## EXERCISE BRIEF
Each line from the one that contains "result ≡ end_of" to the last line of the records below must be restated word for word.

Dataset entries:
=======

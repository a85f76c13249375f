// A walk over a sale file by its reader, from outside the reader's crate.
ghost use Rattle.std.specs.Prelude.{◌≡◌};
ghost use Rattle.file.specs.Contents.{items_in};
ghost use Rattle.file_tests.specs.Walking.{end_of};

use file::{FileFault, Reader};

/// Reads a file line by line, to its end or to the first line that is refused.
///
/// # Errors
/// The fault of the first line that is refused.
pub fn read_through(text: &[u8]) -> Result<(), FileFault>
    ensures { result ≡ end_of (items_in text.now) }
{
    let mut reader = Reader::new(text);
    while let Some(said) = reader.next() {
        said?;
    }
    Ok(())
}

=======

## TASK ANSWER
    ensures { result ≡ end_of (items_in text.now) }
{
    let mut reader = Reader::new(text);
    while let Some(said) = reader.next() {
        said?;
    }
    Ok(())
}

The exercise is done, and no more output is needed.